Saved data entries
+ + + +

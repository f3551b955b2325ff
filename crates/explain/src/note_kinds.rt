//! What the kinds of notes mean, which `agcws run --notes` tells: the rows of the manual's table of them.

ghost use Rattle.std.specs.Prelude.{◌≡◌, ◌++◌, IfOk};
ghost use Rattle.std.specs.Option.{option_map};
ghost use Rattle.agc_text.specs.Tables.{value_in};
ghost use Rattle.explain.specs.Refusals.{note_heading, note_headings, note_meanings};
ghost use Rattle.explain.specs.Views.{meanings_in};

use std::alloc::{AllocError, Global};

/// A kind of notes, and what draws it.
#[derive(Clone, Copy, Drop)]
pub struct NoteKind {
    /// What it means, in a line.
    pub meaning: &'static [u8],
    /// Each mistake that draws it, with its cure; and where the manual tells of it.
    pub causes: &'static [u8],
}

/// The kind of a name, where there is one.
pub fn note_kind(name: &[u8]) -> Option<NoteKind>
    ensures { option_map (λ kind. kind.meaning.now) result ≡ value_in note_meanings name.now }
{
    kind_among(kinds(), name)
}

// The kind that stands for a name in a table.
fn kind_among(table: &'static [(&'static str, NoteKind)], name: &[u8]) -> Option<NoteKind>
    ensures { option_map (λ kind. kind.meaning.now) result ≡ value_in (meanings_in table.now) name.now }
{
    for (other, kind) in table {
        if name == other.as_bytes() {
            return Some(*kind);
        }
    }
    None
}

/// What a kind of a name means, and what draws it.
pub fn note_explanation(alloc: Global, name: &[u8], kind: &NoteKind) -> Result<Vec<u8>, AllocError>
    ensures { IfOk result (λ text. text.items ≡ note_heading (name.now, kind.now.meaning.now) ++ kind.now.causes.now) }
{
    let mut text = Vec::new(alloc);
    text.extend_from_slice(name)?;
    text.extend_from_slice(b": ")?;
    text.extend_from_slice(kind.meaning)?;
    text.extend_from_slice(b"\n")?;
    text.extend_from_slice(kind.causes)?;
    Ok(text)
}

/// What is listed of the kinds.
pub(crate) fn note_headings() -> &'static [u8]
    ensures { result.now ≡ note_headings }
{
    NOTE_HEADINGS
}

fn kinds() -> &'static [(&'static str, NoteKind)]
    ensures { meanings_in result.now ≡ note_meanings }
{
    &KINDS
}

const NOTE_HEADINGS: &[u8] = b"QUOTIENT: the quotient of DV does not fit
SKIP: TS has found overflow in A, and has left out the next instruction
NOWORD: a word is executed in fixed memory where none stands
ERASABLE: a word is executed in erasable memory
NOHANDLER: an interrupt is entered where no word stands
OTHERBANK: an erasable symbol is reached in another bank than its own
FIXEDBANK: a symbol of a switched fixed bank is reached in another bank than its own
INSIDE: the run ends within an interrupt
WAITING: an interrupt is asked for, and is not entered for 853 cycles or more
NOTKEPT: a handler ends, and a register is not what it was at its entry
MINUSZERO: CCS has found -0, and has taken its fourth way
UNREAD: an input comes on a channel that no instruction has read
OVERWRITTEN: an input comes on a channel before the one before it was read
SHARED: the program itself comes by a handler, or goes on into one
";

// A row: a name, what it means, and what draws it.
macro_rules! kind {
    ($name:literal, $meaning:literal, $causes:literal) => {
        (
            $name,
            NoteKind {
                meaning: $meaning,
                causes: $causes,
            },
        )
    };
}

static KINDS: [(&str, NoteKind); 14] = [
    kind!(
        "QUOTIENT",
        b"the quotient of DV does not fit",
        b"
- A is as large as the divisor or larger, as where a whole number stands in A: it counts 2^14 times there
  Cure: a whole number is divided in L, with 0 in A

Manual, section 8, \"DV gives 37777, or 40000\".
"
    ),
    kind!(
        "SKIP",
        b"TS has found overflow in A, and has left out the next instruction",
        b"
- a sum is above 16383, or below -16383: TS stores it without its overflow, leaves 1 or -1 in A, and skips
  Cure: keep sums small; or use the skip, by TCF on the line behind TS

Manual, section 8.5.
"
    ),
    kind!(
        "NOWORD",
        b"a word is executed in fixed memory where none stands",
        b"
- the program has run on behind its last word, or jumps to an empty place: a word 00000 is TC 0
  Cure: end it by a jump, as DONE TCF DONE; look in agcws trace where it came from

Manual, section 8.4.
"
    ),
    kind!(
        "ERASABLE",
        b"a word is executed in erasable memory",
        b"
- a routine that calls another returns to a wrong place, since its own way back in Q is lost
  Cure: keep Q first: EXTEND and QXCH BACK, and the same again before RETURN

- a jump leads to data, as where an index is added to it
  Cure: look in agcws trace at the steps before

Manual, section 8.10.
"
    ),
    kind!(
        "NOHANDLER",
        b"an interrupt is entered where no word stands",
        b"
- interrupt k enters at 4000 plus 4 times k in octal, and nothing was written there
  Cure: a handler for each interrupt that comes: four words that end in TCF, and the rest elsewhere

- the handler stands at the place of another interrupt
  Cure: the places of section 6

Manual, section 8, \"INT is 1\".
"
    ),
    kind!(
        "OTHERBANK",
        b"an erasable symbol is reached in another bank than its own",
        b"
- EB holds another bank than that of the symbol, whose address is 1400 to 1777
  Cure: EBANK before it: CA NAME and TS 3, where NAME ECADR X stands; or cells below 1400

Manual, section 8.6.
"
    ),
    kind!(
        "FIXEDBANK",
        b"a symbol of a switched fixed bank is reached in another bank than its own",
        b"
- FB holds another bank than that of the symbol, whose address is 2000 to 3777
  Cure: a far call: NAME 2CADR X, EXTEND, DCA NAME, and DXCH Z

Manual, section 8.6.
"
    ),
    kind!(
        "INSIDE",
        b"the run ends within an interrupt",
        b"
- the handler has not come to RESUME: it loops, or goes on into the program
  Cure: RESUME as its last instruction, on each way

- N is too small
  Cure: a larger N

Manual, section 8.7.
"
    ),
    kind!(
        "WAITING",
        b"an interrupt is asked for, and is not entered for 853 cycles or more",
        b"
- RELINT is never executed: a run starts with interrupts inhibited
  Cure: RELINT before the loop that waits

- INHINT without RELINT, a handler that does not end, or overflow that stays in A
  Cure: RELINT, RESUME, or TS, which takes the overflow

Manual, section 8.1.
"
    ),
    kind!(
        "NOTKEPT",
        b"a handler ends, and a register is not what it was at its entry",
        b"
- the handler changes A, L, Q, EB, FB or the superbank bit, and does not put it back: the program that was \
    interrupted goes on with another word
  Cure: DXCH ARUPT first, and DXCH ARUPT before RESUME, for A and L; QXCH QRUPT for Q; BB by BBRUPT

Manual, section 8, \"a word is wrong now and then\".
"
    ),
    kind!(
        "MINUSZERO",
        b"CCS has found -0, and has taken its fourth way",
        b"
- a number less itself is -0, 77777, and the fourth word behind CCS is no way that was meant
  Cure: four ways behind CCS; the fourth is that of -0

Manual, section 8, \"CCS goes three words on\".
"
    ),
    kind!(
        "UNREAD",
        b"an input comes on a channel that no instruction has read",
        b"
- the feed names another channel than the program reads: both are octal, so that the keys come on 15 and not on 13
  Cure: the channel's number in octal, as in section 5

Manual, section 6.
"
    ),
    kind!(
        "OVERWRITTEN",
        b"an input comes on a channel before the one before it was read",
        b"
- two inputs come so close to one another that the handler has not read the first
  Cure: a later cycle in the feed; agcws delays tells how long an interrupt waits

Manual, section 6.
"
    ),
    kind!(
        "SHARED",
        b"the program itself comes by a handler, or goes on into one",
        b"
- the program stands where interrupts are entered, 4004 to 4053
  Cure: a jump at 4000, and the program from 4100 on

- the program jumps into a handler
  Cure: a routine of its own, that both call

Manual, section 8, \"INT is 1\".
"
    ),
];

+ + + +

Look through the entries above and copy each line that has "both" in it.

- the feed names another channel than the program reads: both are octal, so that the keys come on 15 and not on 13
  Cure: a routine of its own, that both call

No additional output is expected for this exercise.